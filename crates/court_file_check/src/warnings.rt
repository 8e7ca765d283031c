//! What may be wrong with a court's file that has no fault.

ghost use Rattle.std.specs.Prelude.{IfOk};
ghost use Rattle.toml.specs.View.{table_view};
ghost use Rattle.court_days.specs.Words.{file_of};
ghost use Rattle.court_file_check.specs.AreWarnings.{AreWarnings};

use crate::review::{DayTest, days_that};
use court_clock::Day;
use court_days::{Court, Days};
use court_file_text::Key;
use court_holidays::{Closing, State};
use std::alloc::{AllocError, Global};
use toml::Table;

mod closings;
mod holidays;
mod hours;
pub(crate) mod names;
pub(crate) mod slips;
mod years;
pub(crate) mod zone;

use closings::unsaid_closings;
use holidays::unsaid_holidays;
use hours::{closes_early, ends_soon, is_efiling_early, is_long_day, is_short_span};
use names::{Alike, alike_at};
use slips::{Slip, slips_at};
use years::bare_years;
use zone::{ZoneDoubt, zone_doubt};

/// What a check goes by beside the file.
#[derive(Clone, Copy, Debug)]
pub struct Asked {
    /// The day from which the file is used, if it is given.
    pub today: Option<Day>,
    /// Whether the court is in the capital's region, which has Inauguration Day.
    pub capital: bool,
    /// The State whose holidays the court keeps, if it is known.
    pub state: Option<State>,
}

/// What may be wrong with a court's file.
#[derive(Debug, Drop)]
pub struct Warnings {
    /// What is unusual of the zone.
    pub zone: Option<ZoneDoubt>,
    /// The office closes before noon.
    pub closes_early: bool,
    /// The office is open for more than twelve hours.
    pub long_day: bool,
    /// Electronic filing ends before the office closes.
    pub efiling_early: bool,
    /// The span is shorter than the longest period of the table of periods.
    pub short_span: bool,
    /// The span ends too early for the day from which the file is used.
    pub ends_soon: bool,
    /// The years in the span of which the federal list has no day.
    pub bare_years: Vec<u16>,
    /// The days that are due in the federal list and that it lacks, but for Saturdays and Sundays.
    pub lacking: Vec<Day>,
    /// The days of the federal list that aren't due.
    pub unknown: Vec<Day>,
    /// The days of the span on which the President closed the executive departments, and of which the file says nothing.
    pub closings: Vec<Closing>,
    /// The holidays of the State's law in the span that no list has, and of which the file says nothing.
    pub unlisted: Vec<Day>,
    /// The Saturdays and Sundays of the federal list.
    pub federal_at_weekend: Vec<Day>,
    /// Those of the state list.
    pub state_at_weekend: Vec<Day>,
    /// The days that both lists have.
    pub in_both: Vec<Day>,
    /// What is unusual of items of the federal list, with their numbers.
    pub federal_slips: Vec<(usize, Slip)>,
    /// The same of the state list.
    pub state_slips: Vec<(usize, Slip)>,
    /// The judges' names that differ from another only in the case of letters.
    pub judges_alike: Vec<Alike>,
    /// The same of the rooms.
    pub rooms_alike: Vec<Alike>,
}

/// What may be wrong with the file with this text, which is that of the court. An `Err` says that memory ran out.
pub(crate) fn warnings_of(
    alloc: Global,
    text: &[u8],
    file: &Table,
    court: &Court,
    asked: &Asked,
) -> Result<Warnings, AllocError>
    ensures { IfOk result (AreWarnings asked.now text.now (table_view file.now) (file_of court.now)) }
{
    let capital = asked.capital;
    let clock = court.clock();
    let days: &Days = court.days();
    Ok(Warnings {
        zone: zone_doubt(file, days.to()),
        closes_early: closes_early(clock),
        long_day: is_long_day(clock),
        efiling_early: is_efiling_early(clock.closes(), clock.efiling_until()),
        short_span: is_short_span(days),
        ends_soon: ends_soon(days, asked.today),
        bare_years: bare_years(alloc, days)?,
        lacking: days_that(alloc, days, DayTest::Lacking { capital })?,
        unknown: days_that(alloc, days, DayTest::Unknown { capital })?,
        closings: unsaid_closings(alloc, days, text)?,
        unlisted: unsaid_holidays(alloc, days, text, capital, asked.state)?,
        federal_at_weekend: days_that(alloc, days, DayTest::FederalAtWeekend)?,
        state_at_weekend: days_that(alloc, days, DayTest::StateAtWeekend)?,
        in_both: days_that(alloc, days, DayTest::InBoth)?,
        federal_slips: slips_at(alloc, file, Key::Federal, days)?,
        state_slips: slips_at(alloc, file, Key::State, days)?,
        judges_alike: alike_at(alloc, file, Key::Judges)?,
        rooms_alike: alike_at(alloc, file, Key::Rooms)?,
    })
}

> [EXERCISE DIRECTIONS]:
Your answer should be one number: how many lines in the material hold the word "capital".

> [WRITTEN SOLUTION]:
6